Within the data below, find the string "that" and return each line where it occurs.

Saved entries
┄┄┄┄┄┄

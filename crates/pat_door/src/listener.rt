//! The trusted edge: a TCP listener as a door. It tells nothing of what comes or of what was answered.
ghost use Rattle.std.specs.Prelude.{[], ◌≡◌, ◌<◌, ◌≤◌, length, None, IfSome};

use crate::Door;
use crate::call::Call;
use ghost_list::GhostList;
use pat_outside::Failed;
use std::io::{Read, Write};
use std::net::{Net, OpenListener, OpenStream, Shutdown, TcpListener};
use std::str;

/// A door over a TCP listener of the network `R`. Each error is a fault, and so are an address that is no UTF-8, an `accept`
/// before it listens, a `read` or a `write` without an accepted connection, and a write of 0 bytes of a piece that has some.
#[derive(Drop)]
pub struct ListenerDoor<R: Net + Drop> {
    net: R,
    listener: Option<R::Listener>,
    stream: Option<R::Stream>,
    door_faults: u64,
    connection_faults: u64,
    /// What it was called for.
    heard: GhostList<Call>,
}

impl<R: Net + Drop> ListenerDoor<R> {
    /// A door that doesn't listen yet, with no fault so far.
    pub fn new(net: R) -> Self
        ensures door_faults { ⟦<ListenerDoor<R> as Door>⟧.door_faults result ≡ 0 }
        ensures connection_faults { ⟦<ListenerDoor<R> as Door>⟧.connection_faults result ≡ 0 }
        ensures unheard { ⟦<ListenerDoor<R> as Door>⟧.heard result [] }
        ensures untold { ⟦<ListenerDoor<R> as Door>⟧.told result ≡ None }
    {
        ListenerDoor {
            net,
            listener: None,
            stream: None,
            door_faults: 0,
            connection_faults: 0,
            heard: GhostList::new(),
        }
    }

    /// Shuts the present connection, where there is one. An error of that is no fault: nothing more is done with it.
    fn shut(&mut self)
        ensures door { self.new.door_faults ≡ self.old.door_faults }
        ensures line { self.new.connection_faults ≡ self.old.connection_faults }
        ensures heard { self.new.heard.items ≡ self.old.heard.items }
    {
        if let Some(stream) = self.stream.take() {
            let _ = stream.shutdown(Shutdown::Both);
        }
    }
}

/// A listener at an address, as `127.0.0.1:8008`.
fn listen<R: Net>(net: &R, address: &[u8]) -> Option<R::Listener> {
    let text = str::from_utf8(address).ok()?;
    TcpListener::bind(net, text).ok()
}

/// The next connection that comes to a listener.
fn next_stream<L: OpenListener>(listener: Option<&L>) -> Option<L::Stream> {
    let (stream, _) = listener?.accept().ok()?;
    Some(stream)
}

/// How many bytes were read. `None`: the call failed, or there is no connection.
fn read_some<S: Read>(stream: Option<&mut S>, buf: &mut [u8]) -> Option<usize>
    ensures { IfSome result (λ count. count ≤ length buf.old) }
{
    stream?.read(buf).ok()
}

/// How many bytes were written. `None`: the call failed or took nothing of a piece that has bytes, or there is no connection.
fn write_some<S: Write>(stream: Option<&mut S>, piece: &[u8]) -> Option<usize>
    ensures within { IfSome result (λ count. count ≤ length piece.now) }
    ensures some { IfSome result (λ count. 0 < length piece.now → 0 < count) }
{
    match stream?.write(piece) {
        Ok(count) if count > 0 || piece.is_empty() => Some(count),
        _ => None,
    }
}

impl<R: Net + Drop> Door for ListenerDoor<R> {
    ghost told = { λ _. None };

    ghost door_faults = { λ s. s.door_faults };

    ghost connection_faults = { λ s. s.connection_faults };

    ghost serves = { λ _ _. ⊥ };

    ghost takes = { λ _ _. ⊥ };

    ghost has_room = { λ _ _. ⊥ };

    ghost heard = { λ s calls. s.heard.items ≡ calls };

    ghost has_read = { λ _ _. Unit {0} };

    fn open(&mut self, address: &[u8]) -> Result<(), Failed> {
        match listen(&self.net, address) {
            Some(listener) => {
                self.listener = Some(listener);
                self.heard = self.heard.and(&Call::opened(address));
                Ok(())
            }
            None => {
                self.door_faults = self.door_faults.saturating_add(1);
                Err(Failed)
            }
        }
    }

    fn accept(&mut self) -> Result<(), Failed> {
        match next_stream(self.listener.as_ref()) {
            Some(stream) => {
                self.shut();
                self.stream = Some(stream);
                self.heard = self.heard.and(&Call::accepted());
                Ok(())
            }
            None => {
                self.door_faults = self.door_faults.saturating_add(1);
                Err(Failed)
            }
        }
    }

    fn read(&mut self, buf: &mut [u8]) -> Result<usize, Failed> {
        match read_some(self.stream.as_mut(), buf) {
            Some(count) => Ok(count),
            None => {
                self.connection_faults = self.connection_faults.saturating_add(1);
                self.heard = self.heard.and(&Call::failed());
                Err(Failed)
            }
        }
    }

    fn write(&mut self, piece: &[u8]) -> Result<usize, Failed> {
        match write_some(self.stream.as_mut(), piece) {
            Some(count) => Ok(count),
            None => {
                self.connection_faults = self.connection_faults.saturating_add(1);
                self.heard = self.heard.and(&Call::failed());
                Err(Failed)
            }
        }
    }

    fn hang_up(&mut self) {
        self.shut();
    }
}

┄┄┄┄┄┄

## YOUR SOLUTION
/// A door over a TCP listener of the network `R`. Each error is a fault, and so are an address that is no UTF-8, an `accept`
/// before it listens, a `read` or a `write` without an accepted connection, and a write of 0 bytes of a piece that has some.
    /// A door that doesn't listen yet, with no fault so far.
    /// Shuts the present connection, where there is one. An error of that is no fault: nothing more is done with it.
/// The next connection that comes to a listener.
/// How many bytes were written. `None`: the call failed or took nothing of a piece that has bytes, or there is no connection.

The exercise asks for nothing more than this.